6/10
"B" murder mystery gets better and better leading to a neat twist ending
19 October 2021
Warning: Spoilers
Strange Bargain is an unusual "B" picture in that it begins with a far-fetched premise but gradually gets better and better due to some carefully placed twists and turns in the plot.

Jeffrey Lynn plays Sam Wilson, a typical suburban husband with two children and his loving wife Georgia (Martha Scott). Georgia begs Sam to ask for a raise at work as the family can hardly make ends meet on his meager assistant bookkeeper salary. We soon become quite engaged when Sam asks his boss Sydney Jarvis (Raymond Roe) for the raise and is immediately fired due to the fact that the firm has been losing money continually for the last few years.

Soon a new but even more surprising twist occurs when Jarvis asks Sam to participate in an insurance scam. Jarvis reveals that he is now broke and plans to commit suicide but cannot will the insurance money to his wife and son if he does himself in. So he first offers Sam $10,000 to come to his house, shoot a gun to simulate a murder after Jarvis goes through with killing himself.

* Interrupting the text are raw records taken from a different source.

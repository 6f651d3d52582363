// The calls on codes.
ghost use Rattle.std.specs.Prelude.{◌≡◌, ℕ, List, length, IfOk};
ghost use Rattle.column_core.specs.cells.Cell.{AreGiven};
ghost use Rattle.column_core.specs.Columns.{column_value};
ghost use Rattle.factorize.specs.group.Reductions.{reduce_groups, transform_groups, cumsum_groups, group_sizes, group_places};
ghost use Rattle.group_by.specs.Operations.{reduction_of};
ghost use Rattle.group_by.specs.Answers.{Answers};

use crate::counts::{places, sizes};
use crate::ops::{GroupFault, GroupOp};
use crate::reduce::{reduced, takes};
use crate::running::running_sums;
use cell_core::{Kind, NoMemory, TextDict};
use column_core::{ColRef, Column, take};
use factorize::RowGroups;
use std::alloc::Global;

/// What a reduction makes of the cells of each group, one cell a group: of the present cells alone, so that a sum, a
/// count and a number of different cells are 0 where there is none, and the others NA ("Group by:
/// split-apply-combine" in the pandas user guide, "Aggregation").
///
/// # Errors
///
/// `KindMismatch` exactly where the cells are texts and their sum is asked for. `NoMemory` may come in place of any
/// answer.
pub fn group_reduce<C: RowGroups>(
    alloc: Global,
    dict: &TextDict,
    codes: &C,
    a: ColRef<'_>,
    op: GroupOp,
) -> Result<Column, GroupFault>
    requires rows { length (C.groups_of codes.now).codes ≡ length a.cells }
    requires given { AreGiven dict.now a.cells }
    ensures given { IfOk result (λ c. AreGiven dict.now c.cells) }
    ensures answer { Answers dict.now result
        (reduce_groups (reduction_of op) (C.groups_of codes.now) (column_value dict.now a.entry)) }
{
    if !takes(op, a.kind()) {
        return Err(GroupFault::KindMismatch);
    }
    Ok(reduced(alloc, dict, op, codes.groups(), &a)?)
}

/// At each row what a reduction makes of the cells of its group; NA where the row has no group
/// ("Group by: split-apply-combine" in the pandas user guide, "Transformation").
///
/// # Errors
///
/// `KindMismatch` exactly where the cells are texts and their sum is asked for. `NoMemory` may come in place of any
/// answer.
#[tactic(auto, using(crate::proofs::Hints::group_transform))]
pub fn group_transform<C: RowGroups>(
    alloc: Global,
    dict: &TextDict,
    codes: &C,
    a: ColRef<'_>,
    op: GroupOp,
) -> Result<Column, GroupFault>
    requires rows { length (C.groups_of codes.now).codes ≡ length a.cells }
    requires given { AreGiven dict.now a.cells }
    ensures given { IfOk result (λ c. AreGiven dict.now c.cells) }
    ensures answer { let cells = column_value dict.now a.entry in
        Answers dict.now result (transform_groups (reduction_of op) (C.groups_of codes.now) cells) }
{
    if !takes(op, a.kind()) {
        return Err(GroupFault::KindMismatch);
    }
    let cells = reduced(alloc, dict, op, codes.groups(), &a)?;
    Ok(take(alloc, cells.as_ref(), codes.groups().codes())?)
}

/// At each row the sum of the present cells of its group up to the row; NA where the row's cell is missing or the
/// row has no group. A sum wraps, and takes True as 1.
///
/// # Errors
///
/// `KindMismatch` exactly where the cells are texts. `NoMemory` may come in place of any answer.
pub fn group_cumsum<C: RowGroups>(
    alloc: Global,
    codes: &C,
    a: ColRef<'_>,
) -> Result<Column, GroupFault>
    requires { length (C.groups_of codes.now).codes ≡ length a.cells }
    ensures given { IfOk result (λ c. (texts : List (List ℕ)) → AreGiven texts c.cells) }
    ensures answer { (texts : List (List ℕ)) → Answers texts result
        (cumsum_groups (C.groups_of codes.now) (column_value texts a.entry)) }
{
    if a.kind() == Kind::Text {
        return Err(GroupFault::KindMismatch);
    }
    Ok(running_sums(alloc, codes.groups(), &a)?)
}

/// How many rows each group has. `NoMemory` is the only refusal.
pub fn group_size<C: RowGroups>(alloc: Global, codes: &C) -> Result<Column, NoMemory>
    ensures given { IfOk result (λ c. (texts : List (List ℕ)) → AreGiven texts c.cells) }
    ensures answer { (texts : List (List ℕ)) → IfOk result (λ c.
        column_value texts c ≡ group_sizes (C.groups_of codes.now)) }
{
    sizes(alloc, codes.groups())
}

/// The place of each row in its group, counted from 0; NA where the row has no group. `NoMemory` is the only refusal.
pub fn group_cumcount<C: RowGroups>(alloc: Global, codes: &C) -> Result<Column, NoMemory>
    ensures given { IfOk result (λ c. (texts : List (List ℕ)) → AreGiven texts c.cells) }
    ensures answer { (texts : List (List ℕ)) → IfOk result (λ c.
        column_value texts c ≡ group_places (C.groups_of codes.now)) }
{
    places(alloc, codes.groups())
}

Naturally Sam declines to go along with the scheme which is what any normal person would do. But after getting a call from Jarvis who begs him to still help him, Sam changes his mind and drives over to Jarvis's home where he finds his boss dead on the floor.

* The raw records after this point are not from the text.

// Cells, read and gathered into columns.
ghost use Rattle.std.specs.Prelude.{◌≡◌, ◌<◌, ◌^◌, ℕ, true, not, List, All, IfOk};
ghost use Rattle.cell_core.specs.declared.cell.Kind.TheVariants.{Int64};
ghost use Rattle.column_core.specs.cells.Cell.{datum, holds};
ghost use Rattle.column_core.specs.cells.Reduce.{is_present};
ghost use Rattle.factorize.specs.group.Reductions.{count_cell};
ghost use Rattle.group_by.specs.Distincts.{is_missing};

use cell_core::{Cell, Kind, NoMemory};
use column_core::Column;
use std::alloc::Global;

// Whether a cell is missing.
#[inline(always)]
pub(crate) fn is_na(cell: Cell) -> bool
    ensures missing { result ≡ is_missing cell }
    ensures value { (texts : List (List ℕ)) → result ≡ not (is_present (datum texts cell)) }
{
    match cell {
        Cell::Na => true,
        _ => false,
    }
}

// A number of rows or cells.
pub(crate) fn counted(count: usize) -> Cell
    ensures value { (texts : List (List ℕ)) → datum texts result ≡ count_cell count }
    ensures held { (texts : List (List ℕ)) → holds Int64 (datum texts result) ≡ true }
{
    Cell::Int((count as u64).cast_signed())
}

// A column of these cells, which the kind holds.
pub(crate) fn column_of(alloc: Global, kind: Kind, cells: &[Cell]) -> Result<Column, NoMemory>
    requires { All (λ c. (texts : List (List ℕ)) → holds kind (datum texts c) ≡ true) cells.now }
    ensures { IfOk result (λ column. column ≡ record { kind = kind; cells = cells.now }) }
{
    let mut column = Column::new(alloc, kind);
    for cell in cells {
        column.push(*cell)?;
    }
    Ok(column)
}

Now can you believe just about anybody, let alone an upstanding family man, would get involved in a plot which could land him in jail for life or even go to the gas chamber? The motive here is twofold: Sam needs the money because he knows he's just been fired and he also feels sorry for Mrs. Jarvis (Katherine Emery) who will be penniless if it's discovered that her husband committed suicide.

So okay we're asked to suspend our disbelief and accept the idea that Sam is some sort of poor schnook who gets involved primarily for altruistic reasons. But why does he destroy the note Jarvis left for him which would exonerate him if he was ever accused of murder?

I was expecting the narrative to take a dark turn with unpleasant consequences for our protagonist but that's not what happens. Instead a new suspect emerges: Sydney's partner Timothy Hearne (Henry O'Neill) who was known to dislike Jarvis and wanted to take over the company. In fact, we discover later on that Hearne showed up at Jarvis's home and argued with him just before Sam arrived.

A young Harry Morgan (of Dragnet and MASH fame) has the best part here as Lt. Webb, the dogged police investigator who saves the day in the climactic scene where it's revealed that Jarvis was weak-willed and couldn't go through with killing himself so his wife did him in instead. With Sam about to reveal all to the police, Mrs. Jarvis attempts to kill him and that's when Webb steps in.

And the best twist of all is that Sam is exonerated because no crime was committed on his part (according to the good lieutenant-although a case certainly could be made that Sam attempted to commit insurance fraud even though Jarvis ended not pulling off the scheme).

Lynn and Scott probably have the least interesting roles here (if this was a comedy, you would probably classify them as the "straight men"). The supporting players however are all quite interesting and the neat twist ending even gave rise to an alternative ending years later in a 1987 Murder, She Wrote episode in which Mrs. Jarvis gets away with the murder and 30 years later an investigator goes about proving Sam's innocence. The remarkable thing about the episode is that Lynn, Morgan and Scott reprised their roles for the TV show.